Recep Tayyip Erdoğan, Turkey’s “strongman” leader, is pleased as punch. He’s the new, biggest fan of Britain’s international trade secretary, Liz Truss, whose shabby work this is. Erdoğan hailed the deal as the start of a “new era” and a landmark for Turkey. After years of disastrous economic mismanagement and fierce rows with the US and EU over Turkish policy towards Russia, Syria, Libya, Greece and Cyprus, Erdoğan badly needed a win. Hapless Truss delivered….
This rushed deal rides roughshod over widely shared human rights concerns. It may be naive to think that the agreement, which replicates existing EU-Turkey arrangements, would allow matters of principle to imperil £18.6bn in two-way trade. Yet Britain is Turkey’s second-largest export market. Ankara was desperate to maintain tariff-free access. This gave Johnson and Truss leverage. It was a sovereign moment. But they failed to demand that Erdoğan change his ways.

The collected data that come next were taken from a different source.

/// A descriptor that is not open, 99, is POLLNVAL. ppoll(2) of no entry, without a time, whose mask lets the pending 16 through: EINTR, 4,
/// and its handler writes the mask in the frame, which is the one before the call. An empty pipe is not ready within 5 ms, and then the clock
/// is 5 ms on, with the few turns behind it; with a byte in it, it is at once. Without an end nothing comes; and with a time of 0 the call
/// ends at once, and what was in the lower half of the word is gone.
const WAITS: &str = r"
    addiu $t0 $zero 99; sw $t0 0xFF80 $sp; sw $zero 0xFF84 $sp
    addiu $a0 $sp 0xFF80; addiu $a1 $zero 1; addiu $a2 $zero 0; addiu $v0 $zero poll; syscall
    lw $a0 0xFF84 $sp; addiu $v0 $zero exit; syscall
    trace 8 call 4188 7ffefec0 00000001 00000000 00000000 = 00000001 0
    trace 11 exit 32
    o32run run --trace trace p = exited 32 32 11

    beq $zero $zero 8; nop
    addiu $a0 $zero 1; addiu $a1 $sp 616; addiu $a2 $zero 16; addiu $v0 $zero write; syscall; jr $ra; nop
    lui $t0 0x40; ori $t0 $t0 8; sw $t0 0xFFC4 $sp
    addiu $a0 $zero 16; addiu $a1 $sp 0xFFC0; addiu $a2 $zero 0; addiu $a3 $zero 16; addiu $v0 $zero rt_sigaction; syscall
    ori $t0 $zero 0x8000; sw $t0 0xFFE0 $sp
    addiu $a0 $zero 1; addiu $a1 $sp 0xFFE0; addiu $a2 $zero 0; addiu $a3 $zero 16; addiu $v0 $zero rt_sigprocmask; syscall
    addiu $a0 $zero 100; addiu $a1 $zero 16; addiu $v0 $zero kill; syscall
    addiu $t0 $zero 16; sw $t0 16 $sp
    addiu $a0 $sp 0xFF80; addiu $a1 $zero 0; addiu $a2 $zero 0; addiu $a3 $sp 0xFFD0; addiu $v0 $zero ppoll; syscall
    addiu $a0 $v0 0; addiu $v0 $zero exit; syscall
    out \0\0\x80\0\0\0\0\0\0\0\0\0\0\0\0\0
    trace 11 call 4194 00000010 7ffeff00 00000000 00000010 = 00000000 0
    trace 19 call 4195 00000001 7ffeff20 00000000 00000010 = 00000000 0
    trace 23 call 4037 00000064 00000010 00000000 00000000 = 00000000 0
    trace 31 wait 4302 7ffefec0 00000000 00000000 7ffeff10
    trace 32 done 00000004 1
    trace 32 signal 16 handler
    trace 36 call 4004 00000001 7ffeff10 00000010 00000001 = 00000010 0
    trace 40 return
    trace 43 exit 4
    o32run run --trace trace p = exited 4 4 43

    addiu $v0 $zero pipe; syscall
    addiu $t0 $zero 3; sw $t0 0xFF80 $sp; lui $t0 0x1; sw $t0 0xFF84 $sp
    addiu $a0 $sp 0xFF80; addiu $a1 $zero 1; addiu $a2 $zero 5; addiu $v0 $zero poll; syscall
    addiu $t0 $v0 0
    addiu $a0 $zero 1; addiu $a1 $sp 0xFFE0; addiu $v0 $zero clock_gettime; syscall
    addiu $a0 $zero 1; addiu $a1 $sp 0xFFE0; addiu $a2 $zero 8; addiu $v0 $zero write; syscall
    addiu $a0 $t0 0; addiu $v0 $zero exit; syscall
    out \0\0\0\0\0L\x81\xF0
    trace 2 call 4042 00000000 00000000 00000000 00000000 = 00000003 0
    trace 11 wait 4188 7ffefec0 00000001 00000005 00000000
    trace 13 done 00000000 0
    trace 17 call 4263 00000001 7ffeff20 00000005 00000000 = 00000000 0
    trace 22 call 4004 00000001 7ffeff20 00000008 00000000 = 00000008 0
    trace 25 exit 0
    o32run run --trace trace p = exited 0 0 25

    addiu $v0 $zero pipe; syscall
    addiu $a0 $zero 4; addiu $a1 $sp 0; addiu $a2 $zero 1; addiu $v0 $zero write; syscall
    addiu $t0 $zero 3; sw $t0 0xFF80 $sp; lui $t0 0x1; sw $t0 0xFF84 $sp
    addiu $a0 $sp 0xFF80; addiu $a1 $zero 1; addiu $a2 $zero 5; addiu $v0 $zero poll; syscall
    lw $a0 0xFF84 $sp; addiu $v0 $zero exit; syscall
    trace 2 call 4042 00000000 00000000 00000000 00000000 = 00000003 0
    trace 7 call 4004 00000004 7ffeff40 00000001 00000000 = 00000001 0
    trace 16 call 4188 7ffefec0 00000001 00000005 00000000 = 00000001 0
    trace 19 exit 1
    o32run run --trace trace p = exited 1 1 19

    addiu $v0 $zero pipe; syscall
    addiu $t0 $zero 3; sw $t0 0xFF80 $sp; lui $t0 0x1; sw $t0 0xFF84 $sp
    addiu $a0 $sp 0xFF80; addiu $a1 $zero 1; addiu $a2 $zero 0xFFFF; addiu $v0 $zero poll; syscall
    trace 2 call 4042 00000000 00000000 00000000 00000000 = 00000003 0
    trace 11 wait 4188 7ffefec0 00000001 ffffffff 00000000
    trace 11 blocked
    o32run run --trace trace p = blocked 123 11

    addiu $v0 $zero pipe; syscall
    addiu $t0 $zero 3; sw $t0 0xFF80 $sp; lui $t0 0x1; ori $t0 $t0 0xFFFF; sw $t0 0xFF84 $sp
    addiu $a0 $sp 0xFF80; addiu $a1 $zero 1; addiu $a2 $zero 0; addiu $v0 $zero poll; syscall
    lw $a0 0xFF84 $sp; addiu $v0 $zero exit; syscall
    trace 2 call 4042 00000000 00000000 00000000 00000000 = 00000003 0
    trace 12 call 4188 7ffefec0 00000001 00000000 00000000 = 00000000 0
    trace 15 exit 0
    o32run run --trace trace p = exited 0 0 15
";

…Selahattin Demirtaş, former leader of the pro-Kurdish Peoples’ Democratic party, languishes in jail despite an order to free him – from the European court of human rights.
Alive to these and similar problems relating to other post-Brexit trade partners, the House of Lords amended the government’s Trade Bill last month to require human rights risk assessments when making agreements – to ensure compliance with the UK’s international treaties and obligations. But the government is expected to scrap the amendment when the bill returns to the Commons. The Turkey deal contains no such safeguards.
[see also: https://humanrightsdefenders.blog/2020/02/13/uks-human-rights-policy-after-brexit/]
In its scramble to replace lapsed EU arrangements, Johnson’s government has so far “rolled over” about 30 existing trade deals. Like the Turkey deal, they have not faced thorough parliamentary scrutiny. The list includes other countries or entities with contentious human rights records, such as Egypt, Tunisia, Israel and the Palestinian Authority. Bilateral deals with notorious rights abusers such as China and Saudi Arabia have not been attempted – yet…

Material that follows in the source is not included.